## STORED DATA
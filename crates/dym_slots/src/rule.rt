//! The rule of a log table, and how its two seats are made.
use crate::view::SeatView;
use atomic_table::{Seat, Shared, Split, Table, TableRule};
use dym_pack::Record;
use std::alloc::Global;

/// The table shows a state of the machine that meets all facts and notes.
pub struct LogRule;

impl TableRule<Option<Record>, SeatView, ()> for LogRule {
    ghost use Rattle.dym_base.specs.declared.limits.TheConstants.{LOG_SLOTS};
    ghost use Rattle.dym_slots.specs.TableStates.{Holds};
    ghost use Rattle.dym_slots.specs.declared.view.SeatView.TheVariants.{Alone};

    ghost holds = { λ _. Holds LOG_SLOTS };

    ghost first = { λ _. Alone };
}

/// The first seat becomes the owner's, and the second is the sweeper's.
pub struct Ends;

impl Split<SeatView> for Ends {
    ghost use Rattle.dym_slots.specs.declared.view.SeatView.TheVariants.{Owns, Sweeps};
    ghost use Rattle.dym_slots.specs.SeatViews.{new_owner, new_sweeper};

    ghost left = { λ _. Owns new_owner };

    ghost right = { λ _. Sweeps new_sweeper };
}

/// The words and slots of a log table, as both ends see them.
pub type Slots = Shared<Option<Record>, SeatView, (), LogRule>;

/// A log table with its memory.
pub type LogTable = Table<Option<Record>, SeatView, (), LogRule, Global>;

/// The seat of one end.
pub type LogSeat = Seat<Option<Record>, SeatView>;
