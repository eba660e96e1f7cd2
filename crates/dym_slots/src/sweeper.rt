//! The end of a log table that takes back what the owner let go.
use crate::rule::{LogSeat, LogTable};
use std::alloc::Global;
use std::marker::Model;
use std::sync::Arc;

/// The sweeper's end of a log table. It may be in another thread than the owner's end, and no call of either waits.
#[derive(Drop)]
pub struct Sweeper {
    pub(crate) table: Arc<LogTable, Global>,
    pub(crate) seat: LogSeat,
}

impl Model for Sweeper {
    ghost use Rattle.dym_slots.specs.Meanings.{SweeperMeaning};

    ghost Value = { SweeperMeaning };

    ghost use Rattle.dym_slots.specs.Sweepers.{sweeper_meaning, IsSweeper};

    ghost view = { sweeper_meaning };

    ghost invariant = { IsSweeper };
}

## EXERCISE PROMPT
Set down each entry again, unchanged.

## PROBLEM SOLUTION
filename crates/dym_slots/src/rule.rt
//! The rule of a log table, and how its two seats are made.
use crate::view::SeatView;
use atomic_table::{Seat, Shared, Split, Table, TableRule};
use dym_pack::Record;
use std::alloc::Global;

/// The table shows a state of the machine that meets all facts and notes.
pub struct LogRule;

impl TableRule<Option<Record>, SeatView, ()> for LogRule {
    ghost use Rattle.dym_base.specs.declared.limits.TheConstants.{LOG_SLOTS};
    ghost use Rattle.dym_slots.specs.TableStates.{Holds};
    ghost use Rattle.dym_slots.specs.declared.view.SeatView.TheVariants.{Alone};

    ghost holds = { λ _. Holds LOG_SLOTS };

    ghost first = { λ _. Alone };
}

/// The first seat becomes the owner's, and the second is the sweeper's.
pub struct Ends;

impl Split<SeatView> for Ends {
    ghost use Rattle.dym_slots.specs.declared.view.SeatView.TheVariants.{Owns, Sweeps};
    ghost use Rattle.dym_slots.specs.SeatViews.{new_owner, new_sweeper};

    ghost left = { λ _. Owns new_owner };

    ghost right = { λ _. Sweeps new_sweeper };
}

/// The words and slots of a log table, as both ends see them.
pub type Slots = Shared<Option<Record>, SeatView, (), LogRule>;

/// A log table with its memory.
pub type LogTable = Table<Option<Record>, SeatView, (), LogRule, Global>;

/// The seat of one end.
pub type LogSeat = Seat<Option<Record>, SeatView>;
repository eba660e96e1f7cd2
filename crates/dym_slots/src/sweeper.rt
//! The end of a log table that takes back what the owner let go.
use crate::rule::{LogSeat, LogTable};
use std::alloc::Global;
use std::marker::Model;
use std::sync::Arc;

/// The sweeper's end of a log table. It may be in another thread than the owner's end, and no call of either waits.
#[derive(Drop)]
pub struct Sweeper {
    pub(crate) table: Arc<LogTable, Global>,
    pub(crate) seat: LogSeat,
}

impl Model for Sweeper {
    ghost use Rattle.dym_slots.specs.Meanings.{SweeperMeaning};

    ghost Value = { SweeperMeaning };

    ghost use Rattle.dym_slots.specs.Sweepers.{sweeper_meaning, IsSweeper};

    ghost view = { sweeper_meaning };

    ghost invariant = { IsSweeper };
}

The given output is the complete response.